//! How far sessions have come, and how a command ended, told on standard error.

ghost use Rattle.std.specs.Prelude.{⊤};

use crate::held::LockableFiles;
use crate::kept::CheckpointFile;
use crate::patient::{PatientError, PatientOutput};
use crate::refused::PathLine;
use crate::tempo::{Tempo, micros};
use crate::typing::{Terminals, tell_quit};
use arrayvec::{ArrayString, ArrayVec};
use cpm_commands::{Messages, SessionsWatcher};
use cpm_host::{Config, Progress, RunStage, RunWatcher, Watcher};
use std::cell::Cell;
use std::fmt;
use std::io::Write;

/// How often it is told at most: each time that they are so much of the whole further.
const PARTS: u128 = 50;

/// After how many seconds it is told of a program without a limit of steps, and then again and again; on one line of a terminal after each.
const SECONDS: u64 = 10;

/// How many sessions a run has at most, and how long their names are.
const MOST_SESSIONS: usize = 64;

const MOST_NAME: usize = 16;

/// How progress is told.
#[derive(Clone, Copy, Debug, PartialEq, Eq, Drop)]
pub enum Form {
    Silent,
    /// A line each time.
    Lines,
    /// One line of a terminal, written over.
    InPlace,
}

impl Form {
    /// How it is told where it is asked for or not, on a terminal or elsewhere.
    pub fn of(is_asked: bool, is_terminal: bool) -> Form {
        match (is_asked, is_terminal) {
            (false, _) => Form::Silent,
            (true, false) => Form::Lines,
            (true, true) => Form::InPlace,
        }
    }
}

/// Of whom it is told.
#[derive(Clone, Copy, Debug, Drop)]
enum Audience {
    /// A program, or all sessions of a run.
    All,
    /// The session at a place, which is played by itself.
    Alone(usize),
}

/// Tells how a run goes on: how far its sessions have come, and how typing begins and ends where one types.
#[derive(Drop)]
pub struct Teller<'a, R: LockableFiles> {
    rt: &'a R,
    form: Form,
    terminals: Terminals<'a>,
    whom: Audience,
    /// The names of the sessions; none where a program is run.
    names: ArrayVec<ArrayString<MOST_NAME>, MOST_SESSIONS>,
    /// How many parts were told.
    told: u128,
    /// When that began of which it is told.
    begun: u64,
    /// The pace of a program that is played by a script.
    tempo: Tempo,
    /// Whether one types.
    is_typing: bool,
    /// Whether what comes next on standard output begins a line.
    is_at_line_start: &'a Cell<bool>,
    /// How many keys were typed.
    keys: &'a Cell<usize>,
    /// Where the sessions stand is kept there, if it is.
    checkpoints: Option<CheckpointFile>,
}

impl<'a, R: LockableFiles> Teller<'a, R> {
    /// Nothing is told yet.
    pub fn new(
        rt: &'a R,
        form: Form,
        terminals: Terminals<'a>,
        is_at_line_start: &'a Cell<bool>,
        keys: &'a Cell<usize>,
        pace: Option<u64>,
        checkpoints: Option<CheckpointFile>,
    ) -> Teller<'a, R> {
        Teller {
            rt,
            form,
            terminals,
            whom: Audience::All,
            names: ArrayVec::new(),
            told: 0,
            begun: 0,
            tempo: Tempo::new(pace),
            is_typing: false,
            is_at_line_start,
            keys,
            checkpoints,
        }
    }

    /// Notes whether what comes next begins a line, where standard output is on the same screen.
    fn note(&self, is_at_line_start: bool) {
        if self.terminals.are_one() {
            self.is_at_line_start.set(is_at_line_start);
        }
    }

    /// Whether the line of a terminal on which it is told isn't ended. One who wrote there since may have ended it.
    fn is_in_line(&self) -> bool {
        let is_ended = self.terminals.are_one() && self.is_at_line_start.get();
        self.form == Form::InPlace && self.told > 0 && !is_ended
    }

    /// Ends what is told. At a terminal what comes after a session that was typed at begins on a line of its own.
    pub fn end_stage(&mut self) {
        if self.is_typing {
            self.is_typing = false;
            self.end_typing();
        }
        if self.is_in_line() {
            let _ = eprintln!(PatientError::new(self.rt));
            self.note(true);
        }
        self.told = 0;
    }

    /// Ends all that is told: what comes next begins a line.
    pub fn end_all(&mut self) {
        self.end_stage();
        if self.terminals.are_one() && !self.is_at_line_start.get() {
            let _ = eprintln!(PatientError::new(self.rt));
            self.is_at_line_start.set(true);
        }
    }

    /// Tells a person what may help where ESC was shown as text.
    pub fn tell_shown_escape(&mut self) {
        if self.is_read() {
            self.tell(&"hint: ESC is shown as ^[; --raw sends it to the terminal as it is");
        }
    }

    /// Ends a task that was done: tells a person where disks at which one typed are written nowhere; and a run needs its checkpoints no more.
    pub fn end_task(&mut self, drops_disks: bool) {
        if drops_disks && self.is_read() {
            self.tell(
                &"hint: its disks are dropped; --out-disk IMAGE or --out-folder FOLDER keeps them",
            );
        }
        if let Some(checkpoints) = &self.checkpoints {
            checkpoints.remove(self.rt);
        }
    }

    /// Ends the line of a session that was typed at.
    fn end_typing(&self) {
        if self.terminals.is_output_terminal && !self.is_at_line_start.get() {
            // (where this fails, so does the report, which says it)
            let _ = PatientOutput::new(self.rt).write_all(b"\n");
            self.is_at_line_start.set(true);
        }
    }

    /// Tells of so many parts.
    fn tell_parts(&self, progress: Progress) {
        let percent = self.told.saturating_mul(2);
        self.note(self.form != Form::InPlace);
        let (before, behind) = match self.form {
            Form::InPlace => ("\r", "\x1b[K"),
            _ => ("", "\n"),
        };
        let place = match self.whom {
            Audience::Alone(place) => place,
            Audience::All => progress.slowest,
        };
        match (self.whom, self.names.get(place)) {
            (Audience::Alone(_), Some(name)) => {
                self.tell_alone(before, percent, name.as_str(), behind);
            }
            (Audience::All, Some(name)) if progress.ended < progress.sessions => {
                self.tell_slowest(before, percent, progress, name.as_str(), behind);
            }
            (Audience::All, Some(_)) => self.tell_ended(before, percent, progress, behind),
            (_, None) => self.tell_program(before, percent, behind),
        }
    }

    fn tell_program(&self, before: &str, percent: u128, behind: &str) {
        let _ = eprint!(PatientError::new(self.rt); "{before}progress {percent}%{behind}");
    }

    fn tell_alone(&self, before: &str, percent: u128, name: &str, behind: &str) {
        let _ = eprint!(PatientError::new(self.rt);
            "{before}progress {percent}% of {name} by itself{behind}"
        );
    }

    fn tell_ended(&self, before: &str, percent: u128, progress: Progress, behind: &str) {
        let (ended, sessions) = (progress.ended, progress.sessions);
        let _ = eprint!(PatientError::new(self.rt);
            "{before}progress {percent}%: {ended} of {sessions} sessions have ended{behind}"
        );
    }

    fn tell_slowest(
        &self,
        before: &str,
        percent: u128,
        progress: Progress,
        slowest: &str,
        behind: &str,
    ) {
        let (ended, sessions) = (progress.ended, progress.sessions);
        let _ = eprint!(PatientError::new(self.rt);
            "{before}progress {percent}%: {ended} of {sessions} sessions have ended, {slowest} has the most left{behind}"
        );
    }

    /// Whether a person is told that a program has no limit, if it has none, and goes on and on.
    fn hints(&self) -> bool {
        self.terminals.is_error_terminal && self.names.is_empty() && self.told == 0
    }

    /// Sees so many steps of what has no limit.
    fn see_unlimited(&mut self, done: u64) {
        if self.form == Form::Silent && !self.hints() {
            return;
        }
        let seconds = micros(self.rt).saturating_sub(self.begun) / 1_000_000;
        let parts = match self.form {
            Form::InPlace => seconds,
            Form::Lines | Form::Silent => seconds / SECONDS,
        };
        if u128::from(parts) > self.told {
            self.tell_unlimited(seconds, done);
            self.told = u128::from(parts);
        }
    }

    /// Tells of so many steps of what has no limit.
    fn tell_unlimited(&mut self, seconds: u64, done: u64) {
        match self.form {
            Form::Silent => {
                self.end_all();
                let _ = eprintln!(PatientError::new(self.rt);
                    "hint: {seconds} s and {done} steps so far, without a limit; ^C ends it and writes no disk"
                );
            }
            Form::Lines => {
                self.note(true);
                let _ = eprintln!(PatientError::new(self.rt); "progress {seconds} s, {done} steps");
            }
            Form::InPlace => {
                self.note(false);
                let _ = eprint!(PatientError::new(self.rt);
                    "\rprogress {seconds} s, {done} steps\x1b[K"
                );
            }
        }
    }

    /// Sees so many steps of those that there are in all.
    fn see_share(&mut self, progress: Progress) {
        if self.form == Form::Silent || progress.all == 0 {
            return;
        }
        let parts = u128::from(progress.done) * PARTS / u128::from(progress.all);
        if parts > self.told {
            self.told = parts;
            self.tell_parts(progress);
        }
    }
}

impl<R: LockableFiles> Watcher for Teller<'_, R> {
    fn is_watching(&self) -> bool {
        let is_told = self.form != Form::Silent || self.hints();
        is_told || self.tempo.is_kept() || self.checkpoints.is_some()
    }

    fn most_steps(&self) -> u64 {
        self.tempo.most_steps()
    }

    fn see(&mut self, progress: Progress) {
        self.tempo.hold(self.rt, progress.done);
        if let Some(checkpoints) = &mut self.checkpoints {
            checkpoints.see(progress.done);
        }
        if progress.all == u64::MAX && progress.done < progress.all {
            self.see_unlimited(progress.done);
        } else {
            self.see_share(progress);
        }
    }
}

impl<R: LockableFiles> RunWatcher for Teller<'_, R> {
    fn begin(&mut self, stage: RunStage) {
        self.end_stage();
        self.told = 0;
        self.begun = micros(self.rt);
        if let Some(checkpoints) = &mut self.checkpoints {
            checkpoints.begin();
        }
        self.whom = match stage {
            RunStage::Typing => {
                self.is_typing = true;
                tell_quit(self.rt, self.terminals.end.is_some());
                Audience::All
            }
            RunStage::Alone(place) => Audience::Alone(place),
            RunStage::All => Audience::All,
        };
    }

    fn keeps_checkpoints(&self) -> bool {
        self.checkpoints.is_some()
    }

    fn tell_kept(&mut self, goes_on: bool) {
        self.end_stage();
        if let Some(checkpoints) = &self.checkpoints {
            checkpoints.tell_kept(self.rt, goes_on);
        }
    }

    fn wants_checkpoint(&self) -> bool {
        match &self.checkpoints {
            Some(checkpoints) => checkpoints.is_due(),
            None => false,
        }
    }

    fn keep_checkpoint(&mut self, bytes: &[u8]) {
        if let Some(checkpoints) = &mut self.checkpoints {
            checkpoints.keep(self.rt, bytes);
        }
    }
}

impl<R: LockableFiles> Messages for Teller<'_, R> {
    // What becomes of a line is the machine's.
    ghost tells = { λ _ _ _. ⊤ };

    ghost is_read = { λ s. s.terminals.is_error_terminal };

    fn is_read(&self) -> bool {
        self.terminals.is_error_terminal
    }

    fn tell<D: fmt::Display>(&mut self, line: &D) {
        self.end_all();
        let _ = eprintln!(PatientError::new(self.rt); "{line}");
    }
}

impl<R: LockableFiles> SessionsWatcher for Teller<'_, R> {
    fn meet(&mut self, config: &Config) {
        for session in &config.sessions {
            // (a configuration has no more sessions, and no longer names)
            if let Ok(name) = ArrayString::from(session.name.as_str()) {
                let _ = self.names.try_push(name);
            }
        }
    }

    fn end(&mut self, kept: Option<&str>) {
        self.end_stage();
        if let Some(script) = kept
            && self.keys.get() == 0
        {
            let path = PathLine(script);
            let _ = eprintln!(PatientError::new(self.rt);
                "cpmhost: no key came, so '{path}' is as it was"
            );
        }
    }
}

[EXERCISE INSTRUCTIONS]: The answer must consist of every line from the entries that holds the string "whom".

[TASK RESULT]:
/// Of whom it is told.
    whom: Audience,
            whom: Audience::All,
        let place = match self.whom {
        match (self.whom, self.names.get(place)) {
        self.whom = match stage {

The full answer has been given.